Senior Judge of the United States District Court for the District of Minnesota
- Incumbent
- Assumed office October 31, 2016

Judge of the United States District Court for the District of Minnesota
- In office October 22, 1998 – October 31, 2016
- Appointed by: Bill Clinton
- Preceded by: David S. Doty
- Succeeded by: Eric C. Tostrud

Personal details
- Born: 1951 (age 74–75) Rochester, Minnesota, U.S.
- Education: Luther College (BA) Hamline University (JD)

= Donovan W. Frank =

American judge (born 1951)

Donovan Wayne Frank (born 1951) is a senior United States district judge of the United States District Court for the District of Minnesota.

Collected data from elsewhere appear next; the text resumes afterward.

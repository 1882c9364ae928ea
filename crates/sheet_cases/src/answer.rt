//! What the calls answer.
use crate::hex::Hex;
use packed::reading::read;
use packed::writing::write;
use refusals::Refusal;
use sheet::check::check;
use sheet::source::SheetSource;
use std::fmt;

/// What a call found.
#[derive(Drop)]
pub enum Found<'a> {
    /// No fault.
    Lawful,
    /// So many entries in the sheet that was read.
    Entries(usize),
    /// The bytes that were written.
    Written(&'a [u8]),
}

/// What a call answers.
#[derive(Drop)]
pub struct Answer<'a>(pub Result<Found<'a>, Refusal>);

fn written<'a, S: SheetSource>(source: &S, buffer: &'a mut [u8]) -> Result<Found<'a>, Refusal> {
    let n = write(source, buffer)?;
    Ok(Found::Written(&buffer[..n]))
}

impl<'a> Answer<'a> {
    pub fn of_check<S: SheetSource>(source: &S) -> Answer<'a> {
        Answer(check(source).map(|_| Found::Lawful))
    }

    pub fn of_reading(bytes: &[u8]) -> Answer<'a> {
        Answer(read(bytes).map(|n| Found::Entries(n)))
    }

    pub fn of_writing<S: SheetSource>(source: &S, buffer: &'a mut [u8]) -> Answer<'a> {
        Answer(written(source, buffer))
    }
}

impl fmt::Display for Answer<'_> {
    fn fmt<W: fmt::Write>(&self, f: &mut fmt::Formatter<W>) -> fmt::Result {
        match &self.0 {
            Ok(Found::Lawful) => f.write_str("ok"),
            Ok(Found::Entries(n)) => write!(f, "ok {n}"),
            Ok(Found::Written(bytes)) => write!(f, "ok {}", Hex(bytes)),
            Err(Refusal { reason, place }) => write!(f, "refused {} {place}", reason.number()),
        }
    }
}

== Early life and education ==

Frank was born in Rochester, Minnesota. He received a Bachelor of Arts degree in 1973 from Luther College in Decorah, Iowa, and a Juris Doctor degree in 1977 from the Hamline University School of Law in Saint Paul, Minnesota.

==Career==

Frank began his legal career as an assistant county attorney in St. Louis County, Minnesota. In 1985, he was appointed a state district court judge in Minnesota's Sixth Judicial District. Frank served as an assistant chief judge of that court from 1988 to 1991. He was Chief Judge from 1991 to 1996.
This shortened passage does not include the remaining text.